▼

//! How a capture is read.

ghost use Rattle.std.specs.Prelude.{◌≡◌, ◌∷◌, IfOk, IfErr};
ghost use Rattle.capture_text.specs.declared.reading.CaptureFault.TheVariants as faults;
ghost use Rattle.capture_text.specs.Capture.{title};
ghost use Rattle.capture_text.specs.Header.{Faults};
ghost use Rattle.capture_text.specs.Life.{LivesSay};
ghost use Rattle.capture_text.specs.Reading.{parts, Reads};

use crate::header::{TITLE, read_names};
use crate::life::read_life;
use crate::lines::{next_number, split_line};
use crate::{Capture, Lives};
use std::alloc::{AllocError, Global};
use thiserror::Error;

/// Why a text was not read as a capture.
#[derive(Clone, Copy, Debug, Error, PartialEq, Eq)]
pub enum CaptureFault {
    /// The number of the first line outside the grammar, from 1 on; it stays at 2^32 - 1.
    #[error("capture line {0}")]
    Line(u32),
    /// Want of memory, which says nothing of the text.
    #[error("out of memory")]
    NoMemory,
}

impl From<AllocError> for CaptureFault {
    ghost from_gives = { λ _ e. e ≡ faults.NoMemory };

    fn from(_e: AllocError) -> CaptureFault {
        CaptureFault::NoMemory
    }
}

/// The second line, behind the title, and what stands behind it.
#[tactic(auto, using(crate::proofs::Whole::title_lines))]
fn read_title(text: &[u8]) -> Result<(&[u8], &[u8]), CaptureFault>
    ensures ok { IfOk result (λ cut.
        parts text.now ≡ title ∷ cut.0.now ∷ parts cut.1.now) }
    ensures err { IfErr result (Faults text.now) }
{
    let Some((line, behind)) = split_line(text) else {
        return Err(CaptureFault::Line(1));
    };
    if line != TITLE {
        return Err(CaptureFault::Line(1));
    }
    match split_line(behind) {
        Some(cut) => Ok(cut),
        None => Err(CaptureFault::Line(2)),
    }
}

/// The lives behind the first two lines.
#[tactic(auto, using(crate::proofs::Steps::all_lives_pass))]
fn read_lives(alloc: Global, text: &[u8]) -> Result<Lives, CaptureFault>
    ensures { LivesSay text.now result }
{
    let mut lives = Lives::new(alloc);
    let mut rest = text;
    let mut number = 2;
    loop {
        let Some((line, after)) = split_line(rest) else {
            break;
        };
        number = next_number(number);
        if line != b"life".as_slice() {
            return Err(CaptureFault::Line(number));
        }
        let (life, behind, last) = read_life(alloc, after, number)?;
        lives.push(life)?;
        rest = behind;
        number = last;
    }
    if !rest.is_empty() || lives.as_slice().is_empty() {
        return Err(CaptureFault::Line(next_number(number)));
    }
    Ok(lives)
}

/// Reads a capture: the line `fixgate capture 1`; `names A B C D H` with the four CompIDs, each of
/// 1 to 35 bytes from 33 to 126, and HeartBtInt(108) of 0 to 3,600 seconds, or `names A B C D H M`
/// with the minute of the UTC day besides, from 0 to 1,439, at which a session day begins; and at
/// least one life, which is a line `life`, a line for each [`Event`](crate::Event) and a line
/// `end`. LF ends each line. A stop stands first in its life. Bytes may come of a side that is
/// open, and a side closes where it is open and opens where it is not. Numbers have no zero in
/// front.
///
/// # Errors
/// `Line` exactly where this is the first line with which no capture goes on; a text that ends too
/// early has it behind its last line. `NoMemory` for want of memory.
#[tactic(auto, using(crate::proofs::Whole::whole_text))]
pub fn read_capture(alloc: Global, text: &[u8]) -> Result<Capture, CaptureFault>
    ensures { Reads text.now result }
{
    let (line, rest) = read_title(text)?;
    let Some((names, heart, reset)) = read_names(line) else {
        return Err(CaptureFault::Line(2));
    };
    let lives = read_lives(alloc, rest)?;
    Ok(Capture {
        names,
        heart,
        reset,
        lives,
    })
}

▲
▼

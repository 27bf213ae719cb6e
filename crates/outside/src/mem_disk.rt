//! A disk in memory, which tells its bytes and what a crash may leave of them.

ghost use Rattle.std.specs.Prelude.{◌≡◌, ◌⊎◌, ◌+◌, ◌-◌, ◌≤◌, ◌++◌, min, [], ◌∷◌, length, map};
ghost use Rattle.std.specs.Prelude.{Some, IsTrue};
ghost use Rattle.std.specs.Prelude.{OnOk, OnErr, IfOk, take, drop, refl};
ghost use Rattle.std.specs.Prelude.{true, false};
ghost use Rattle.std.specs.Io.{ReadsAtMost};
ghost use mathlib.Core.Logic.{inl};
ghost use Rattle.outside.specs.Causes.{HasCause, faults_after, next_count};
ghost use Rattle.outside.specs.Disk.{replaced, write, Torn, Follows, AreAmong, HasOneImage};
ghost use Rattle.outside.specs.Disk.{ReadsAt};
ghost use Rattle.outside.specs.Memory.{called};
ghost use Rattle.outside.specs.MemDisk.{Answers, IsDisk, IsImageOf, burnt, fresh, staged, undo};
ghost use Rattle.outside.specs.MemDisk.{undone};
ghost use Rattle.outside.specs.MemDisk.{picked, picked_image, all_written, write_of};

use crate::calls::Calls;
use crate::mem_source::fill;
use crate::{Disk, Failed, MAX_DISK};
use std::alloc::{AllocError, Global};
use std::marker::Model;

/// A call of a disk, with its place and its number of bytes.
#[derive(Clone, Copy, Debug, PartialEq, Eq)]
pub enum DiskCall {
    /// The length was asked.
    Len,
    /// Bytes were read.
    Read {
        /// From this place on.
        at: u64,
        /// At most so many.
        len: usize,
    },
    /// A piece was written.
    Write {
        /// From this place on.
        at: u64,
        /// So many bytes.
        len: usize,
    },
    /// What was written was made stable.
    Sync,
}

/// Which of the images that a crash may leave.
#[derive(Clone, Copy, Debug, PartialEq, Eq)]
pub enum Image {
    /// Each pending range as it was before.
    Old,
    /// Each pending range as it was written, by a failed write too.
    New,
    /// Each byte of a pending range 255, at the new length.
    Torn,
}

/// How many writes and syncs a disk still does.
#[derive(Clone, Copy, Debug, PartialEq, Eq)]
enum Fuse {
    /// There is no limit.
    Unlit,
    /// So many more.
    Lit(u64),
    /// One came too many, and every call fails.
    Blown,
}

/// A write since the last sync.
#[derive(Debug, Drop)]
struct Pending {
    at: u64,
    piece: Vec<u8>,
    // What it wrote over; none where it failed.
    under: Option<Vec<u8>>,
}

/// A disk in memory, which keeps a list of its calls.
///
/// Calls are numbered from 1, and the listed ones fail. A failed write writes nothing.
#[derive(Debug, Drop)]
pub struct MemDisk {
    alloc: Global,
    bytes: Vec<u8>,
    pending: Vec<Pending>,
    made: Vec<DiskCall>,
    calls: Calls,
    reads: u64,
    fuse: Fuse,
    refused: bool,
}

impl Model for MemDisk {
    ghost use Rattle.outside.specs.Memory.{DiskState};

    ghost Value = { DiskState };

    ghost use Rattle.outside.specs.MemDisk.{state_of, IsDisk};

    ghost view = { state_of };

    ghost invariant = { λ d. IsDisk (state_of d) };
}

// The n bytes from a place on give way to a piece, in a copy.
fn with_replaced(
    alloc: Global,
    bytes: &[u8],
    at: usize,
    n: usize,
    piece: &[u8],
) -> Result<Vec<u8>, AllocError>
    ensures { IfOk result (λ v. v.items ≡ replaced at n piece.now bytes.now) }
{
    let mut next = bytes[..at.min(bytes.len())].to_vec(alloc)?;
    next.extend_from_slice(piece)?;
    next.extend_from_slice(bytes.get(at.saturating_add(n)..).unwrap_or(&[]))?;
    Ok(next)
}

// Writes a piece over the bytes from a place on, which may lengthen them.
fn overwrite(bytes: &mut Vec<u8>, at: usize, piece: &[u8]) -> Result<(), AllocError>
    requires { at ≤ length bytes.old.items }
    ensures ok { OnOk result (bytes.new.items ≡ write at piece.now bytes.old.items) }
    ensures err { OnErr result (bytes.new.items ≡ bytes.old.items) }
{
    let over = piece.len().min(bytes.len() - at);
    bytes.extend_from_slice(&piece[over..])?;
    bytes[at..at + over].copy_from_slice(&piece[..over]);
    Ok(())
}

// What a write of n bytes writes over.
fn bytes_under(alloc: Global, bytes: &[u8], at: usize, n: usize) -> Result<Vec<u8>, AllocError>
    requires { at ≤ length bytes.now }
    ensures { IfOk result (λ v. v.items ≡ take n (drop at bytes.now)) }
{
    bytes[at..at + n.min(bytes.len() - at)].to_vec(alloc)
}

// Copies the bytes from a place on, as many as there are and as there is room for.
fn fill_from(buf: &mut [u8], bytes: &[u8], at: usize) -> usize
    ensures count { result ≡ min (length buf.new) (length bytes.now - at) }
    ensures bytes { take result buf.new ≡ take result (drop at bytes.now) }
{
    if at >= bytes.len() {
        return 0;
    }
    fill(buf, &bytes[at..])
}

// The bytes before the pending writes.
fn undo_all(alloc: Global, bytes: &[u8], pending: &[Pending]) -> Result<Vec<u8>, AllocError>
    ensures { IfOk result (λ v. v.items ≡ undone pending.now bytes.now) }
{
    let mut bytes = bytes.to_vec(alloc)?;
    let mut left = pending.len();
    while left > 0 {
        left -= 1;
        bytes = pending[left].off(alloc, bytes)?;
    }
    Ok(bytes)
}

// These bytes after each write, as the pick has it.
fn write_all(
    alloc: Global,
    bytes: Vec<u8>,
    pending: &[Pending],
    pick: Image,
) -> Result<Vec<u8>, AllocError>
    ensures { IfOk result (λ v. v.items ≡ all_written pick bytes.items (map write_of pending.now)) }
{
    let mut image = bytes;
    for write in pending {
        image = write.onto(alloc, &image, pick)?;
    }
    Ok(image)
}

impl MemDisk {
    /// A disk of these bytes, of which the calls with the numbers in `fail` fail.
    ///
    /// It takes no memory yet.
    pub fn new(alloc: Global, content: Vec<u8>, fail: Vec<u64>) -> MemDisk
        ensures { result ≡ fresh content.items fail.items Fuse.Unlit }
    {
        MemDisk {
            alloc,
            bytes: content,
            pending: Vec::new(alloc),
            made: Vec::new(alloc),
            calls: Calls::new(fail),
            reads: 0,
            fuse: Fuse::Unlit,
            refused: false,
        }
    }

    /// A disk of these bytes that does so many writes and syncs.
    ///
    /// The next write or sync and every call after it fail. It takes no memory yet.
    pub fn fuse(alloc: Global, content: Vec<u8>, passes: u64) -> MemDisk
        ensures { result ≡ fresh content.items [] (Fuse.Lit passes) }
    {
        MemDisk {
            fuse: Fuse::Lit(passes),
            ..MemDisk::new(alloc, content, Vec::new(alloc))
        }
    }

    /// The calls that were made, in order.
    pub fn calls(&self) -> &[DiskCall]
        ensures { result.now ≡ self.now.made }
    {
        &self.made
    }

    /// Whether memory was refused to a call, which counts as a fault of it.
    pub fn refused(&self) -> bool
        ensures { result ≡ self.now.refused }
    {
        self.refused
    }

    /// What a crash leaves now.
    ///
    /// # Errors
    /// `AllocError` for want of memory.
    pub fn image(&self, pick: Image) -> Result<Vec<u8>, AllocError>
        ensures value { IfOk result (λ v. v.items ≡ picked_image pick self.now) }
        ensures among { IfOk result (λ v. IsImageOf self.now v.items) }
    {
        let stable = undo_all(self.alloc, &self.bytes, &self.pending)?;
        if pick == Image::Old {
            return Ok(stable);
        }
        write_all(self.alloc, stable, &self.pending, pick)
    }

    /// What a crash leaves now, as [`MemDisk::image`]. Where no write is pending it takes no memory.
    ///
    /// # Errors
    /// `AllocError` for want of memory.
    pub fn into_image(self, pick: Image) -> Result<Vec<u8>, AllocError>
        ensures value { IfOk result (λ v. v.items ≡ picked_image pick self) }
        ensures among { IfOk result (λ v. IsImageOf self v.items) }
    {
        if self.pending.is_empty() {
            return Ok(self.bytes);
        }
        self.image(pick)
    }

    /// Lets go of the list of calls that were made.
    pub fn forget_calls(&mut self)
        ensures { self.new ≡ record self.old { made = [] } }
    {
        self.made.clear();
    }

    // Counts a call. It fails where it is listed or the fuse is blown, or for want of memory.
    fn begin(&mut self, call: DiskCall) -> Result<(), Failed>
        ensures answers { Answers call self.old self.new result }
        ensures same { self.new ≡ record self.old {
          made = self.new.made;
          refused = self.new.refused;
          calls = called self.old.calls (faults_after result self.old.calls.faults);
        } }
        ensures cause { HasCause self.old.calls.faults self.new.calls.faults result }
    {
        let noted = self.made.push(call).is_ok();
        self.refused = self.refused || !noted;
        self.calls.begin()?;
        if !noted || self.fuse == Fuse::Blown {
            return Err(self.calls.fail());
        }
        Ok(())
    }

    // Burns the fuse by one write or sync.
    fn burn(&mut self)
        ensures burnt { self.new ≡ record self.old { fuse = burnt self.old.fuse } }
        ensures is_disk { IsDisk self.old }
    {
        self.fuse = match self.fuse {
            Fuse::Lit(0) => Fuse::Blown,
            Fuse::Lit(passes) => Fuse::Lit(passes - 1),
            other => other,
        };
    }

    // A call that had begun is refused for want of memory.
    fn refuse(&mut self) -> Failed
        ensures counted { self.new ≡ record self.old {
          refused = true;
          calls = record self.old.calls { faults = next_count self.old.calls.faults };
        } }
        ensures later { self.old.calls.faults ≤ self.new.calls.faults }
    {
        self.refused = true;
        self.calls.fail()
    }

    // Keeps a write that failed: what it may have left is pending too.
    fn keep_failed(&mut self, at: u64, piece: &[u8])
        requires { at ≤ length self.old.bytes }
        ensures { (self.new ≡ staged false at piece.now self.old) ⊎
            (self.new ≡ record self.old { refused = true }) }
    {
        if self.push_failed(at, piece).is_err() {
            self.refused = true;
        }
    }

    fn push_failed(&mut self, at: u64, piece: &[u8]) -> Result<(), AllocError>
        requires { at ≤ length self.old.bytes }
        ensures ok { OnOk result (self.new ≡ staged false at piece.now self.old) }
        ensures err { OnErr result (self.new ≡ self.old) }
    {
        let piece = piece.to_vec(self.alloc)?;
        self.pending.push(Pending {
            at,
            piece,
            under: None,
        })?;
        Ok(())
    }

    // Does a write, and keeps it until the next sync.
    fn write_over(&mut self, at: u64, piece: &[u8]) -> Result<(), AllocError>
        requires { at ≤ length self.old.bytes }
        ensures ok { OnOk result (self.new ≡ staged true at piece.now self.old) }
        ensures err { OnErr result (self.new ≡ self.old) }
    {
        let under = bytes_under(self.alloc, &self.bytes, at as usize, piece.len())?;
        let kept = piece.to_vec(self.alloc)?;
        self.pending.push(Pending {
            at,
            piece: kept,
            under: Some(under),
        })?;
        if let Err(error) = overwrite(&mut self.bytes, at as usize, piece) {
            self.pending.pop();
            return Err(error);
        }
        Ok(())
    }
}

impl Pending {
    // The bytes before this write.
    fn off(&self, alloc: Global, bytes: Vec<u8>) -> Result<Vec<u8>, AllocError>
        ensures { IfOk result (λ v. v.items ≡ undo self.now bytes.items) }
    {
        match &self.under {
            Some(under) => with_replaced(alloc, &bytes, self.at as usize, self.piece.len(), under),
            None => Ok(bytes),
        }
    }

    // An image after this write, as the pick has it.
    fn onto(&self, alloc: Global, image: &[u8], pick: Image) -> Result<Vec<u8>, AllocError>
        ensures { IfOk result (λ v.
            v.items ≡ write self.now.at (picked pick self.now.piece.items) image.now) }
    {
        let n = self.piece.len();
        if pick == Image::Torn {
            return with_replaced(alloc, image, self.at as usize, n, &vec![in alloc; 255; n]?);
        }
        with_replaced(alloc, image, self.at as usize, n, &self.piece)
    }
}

▲

■ TASK ITEM ■
Using the records above, restate word for word the lines from the one with "capture is read." through the one with "fn read_lives(alloc: Global, text: &[u8])", both included.

■ RESULT FOR THIS TASK ■
//! How a capture is read.

ghost use Rattle.std.specs.Prelude.{◌≡◌, ◌∷◌, IfOk, IfErr};
ghost use Rattle.capture_text.specs.declared.reading.CaptureFault.TheVariants as faults;
ghost use Rattle.capture_text.specs.Capture.{title};
ghost use Rattle.capture_text.specs.Header.{Faults};
ghost use Rattle.capture_text.specs.Life.{LivesSay};
ghost use Rattle.capture_text.specs.Reading.{parts, Reads};

use crate::header::{TITLE, read_names};
use crate::life::read_life;
use crate::lines::{next_number, split_line};
use crate::{Capture, Lives};
use std::alloc::{AllocError, Global};
use thiserror::Error;

/// Why a text was not read as a capture.
#[derive(Clone, Copy, Debug, Error, PartialEq, Eq)]
pub enum CaptureFault {
    /// The number of the first line outside the grammar, from 1 on; it stays at 2^32 - 1.
    #[error("capture line {0}")]
    Line(u32),
    /// Want of memory, which says nothing of the text.
    #[error("out of memory")]
    NoMemory,
}

impl From<AllocError> for CaptureFault {
    ghost from_gives = { λ _ e. e ≡ faults.NoMemory };

    fn from(_e: AllocError) -> CaptureFault {
        CaptureFault::NoMemory
    }
}

/// The second line, behind the title, and what stands behind it.
#[tactic(auto, using(crate::proofs::Whole::title_lines))]
fn read_title(text: &[u8]) -> Result<(&[u8], &[u8]), CaptureFault>
    ensures ok { IfOk result (λ cut.
        parts text.now ≡ title ∷ cut.0.now ∷ parts cut.1.now) }
    ensures err { IfErr result (Faults text.now) }
{
    let Some((line, behind)) = split_line(text) else {
        return Err(CaptureFault::Line(1));
    };
    if line != TITLE {
        return Err(CaptureFault::Line(1));
    }
    match split_line(behind) {
        Some(cut) => Ok(cut),
        None => Err(CaptureFault::Line(2)),
    }
}

/// The lives behind the first two lines.
#[tactic(auto, using(crate::proofs::Steps::all_lives_pass))]
fn read_lives(alloc: Global, text: &[u8]) -> Result<Lives, CaptureFault>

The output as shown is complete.